Before REAVLEY and KING, Circuit Judges, and LAKE, * District Judge.

LAKE, District Judge:

Southern Publishing Company, Inc., and its insurer, Southern Guaranty Insurance Company, both appeal from a judgment of the district court requiring Southern Guaranty to reimburse Southern Publishing for reasonable costs in defending tort actions brought against Southern Publishing and two of its employees. We affirm the district court's judgment.

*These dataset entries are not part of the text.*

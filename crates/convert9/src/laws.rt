//! A law of captures that are written, the contract of a function that does nothing.
ghost use Rattle.std.specs.Prelude.{ℕ, List, Option};
ghost use Rattle.capture9.specs.declared.line_byte.LineByte.{LineByte};
ghost use Rattle.convert9.specs.Spelled.{AreTaken, IsBegun, IsWritten, Written};

/// What was written of a capture that was begun, record by record and with any flushes between, can be read, and holds exactly these
/// records: so do the rows of a log that grows, as far as they were written, and each part of a split.
pub fn what_is_written_is_a_capture()
    ensures { (old : Option (List ℕ)) (begun now : Written) (records : List LineByte) → IsBegun old begun → AreTaken begun records now
        → IsWritten records old now.text }
{}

I. Facts and Proceedings Below

On January 12, 1987, the Equal Employment Opportunity Commission ("EEOC") filed a complaint in the United States District Court for the Southern District of Mississippi against Southern Publishing, a magazine publisher in Meridian, Mississippi. The EEOC alleged sexual harassment resulting in constructive and retaliatory discharge based on complaints by two former Southern Publishing employees, Debra Corn and Peggy Honeycutt. On April 30, 1987, Corn and Honeycutt moved to intervene as plaintiffs. In addition to the relief sought by the EEOC, Corn and Honeycutt sought to present state common law claims for assault and battery against Southern Publishing and an employee, Robert Thompson, and Corn sought to present a state common law claim for slander against Southern Publishing and its president, Thelma Thompson.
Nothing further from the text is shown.